- What the task requires: At the line containing "mod turned;", begin setting down the entries exactly, and stop only after the last line.

[Records contained in a dataset]
BEGIN

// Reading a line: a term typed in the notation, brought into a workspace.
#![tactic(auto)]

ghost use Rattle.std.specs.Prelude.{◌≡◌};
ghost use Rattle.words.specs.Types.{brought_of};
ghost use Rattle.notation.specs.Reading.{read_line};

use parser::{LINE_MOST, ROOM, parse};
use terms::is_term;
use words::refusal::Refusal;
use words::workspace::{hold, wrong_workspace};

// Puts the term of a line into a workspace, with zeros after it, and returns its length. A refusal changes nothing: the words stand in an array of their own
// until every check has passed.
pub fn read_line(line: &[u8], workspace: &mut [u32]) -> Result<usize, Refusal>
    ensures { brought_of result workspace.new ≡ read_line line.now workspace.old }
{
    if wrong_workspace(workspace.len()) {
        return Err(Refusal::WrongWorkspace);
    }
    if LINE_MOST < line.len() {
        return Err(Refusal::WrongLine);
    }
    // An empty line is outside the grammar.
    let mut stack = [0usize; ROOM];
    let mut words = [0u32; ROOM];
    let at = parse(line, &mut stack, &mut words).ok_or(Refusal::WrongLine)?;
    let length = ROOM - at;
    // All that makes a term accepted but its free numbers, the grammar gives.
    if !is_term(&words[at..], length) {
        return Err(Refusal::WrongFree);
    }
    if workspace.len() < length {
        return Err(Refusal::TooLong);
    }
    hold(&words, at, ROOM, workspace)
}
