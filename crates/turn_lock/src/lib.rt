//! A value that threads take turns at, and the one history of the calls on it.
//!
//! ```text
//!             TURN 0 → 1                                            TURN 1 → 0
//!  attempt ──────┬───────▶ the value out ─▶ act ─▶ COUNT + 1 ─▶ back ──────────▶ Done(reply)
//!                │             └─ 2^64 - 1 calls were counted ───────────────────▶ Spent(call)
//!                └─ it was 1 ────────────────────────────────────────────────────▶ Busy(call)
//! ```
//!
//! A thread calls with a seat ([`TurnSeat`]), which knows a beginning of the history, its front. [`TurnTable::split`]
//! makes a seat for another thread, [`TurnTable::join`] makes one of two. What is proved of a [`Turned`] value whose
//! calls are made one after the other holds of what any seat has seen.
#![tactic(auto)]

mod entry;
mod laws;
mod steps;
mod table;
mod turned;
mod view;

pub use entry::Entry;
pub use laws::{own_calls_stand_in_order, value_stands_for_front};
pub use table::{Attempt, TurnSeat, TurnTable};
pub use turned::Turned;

END

- Output:
mod turned;
mod view;

pub use entry::Entry;
pub use laws::{own_calls_stand_in_order, value_stands_for_front};
pub use table::{Attempt, TurnSeat, TurnTable};
pub use turned::Turned;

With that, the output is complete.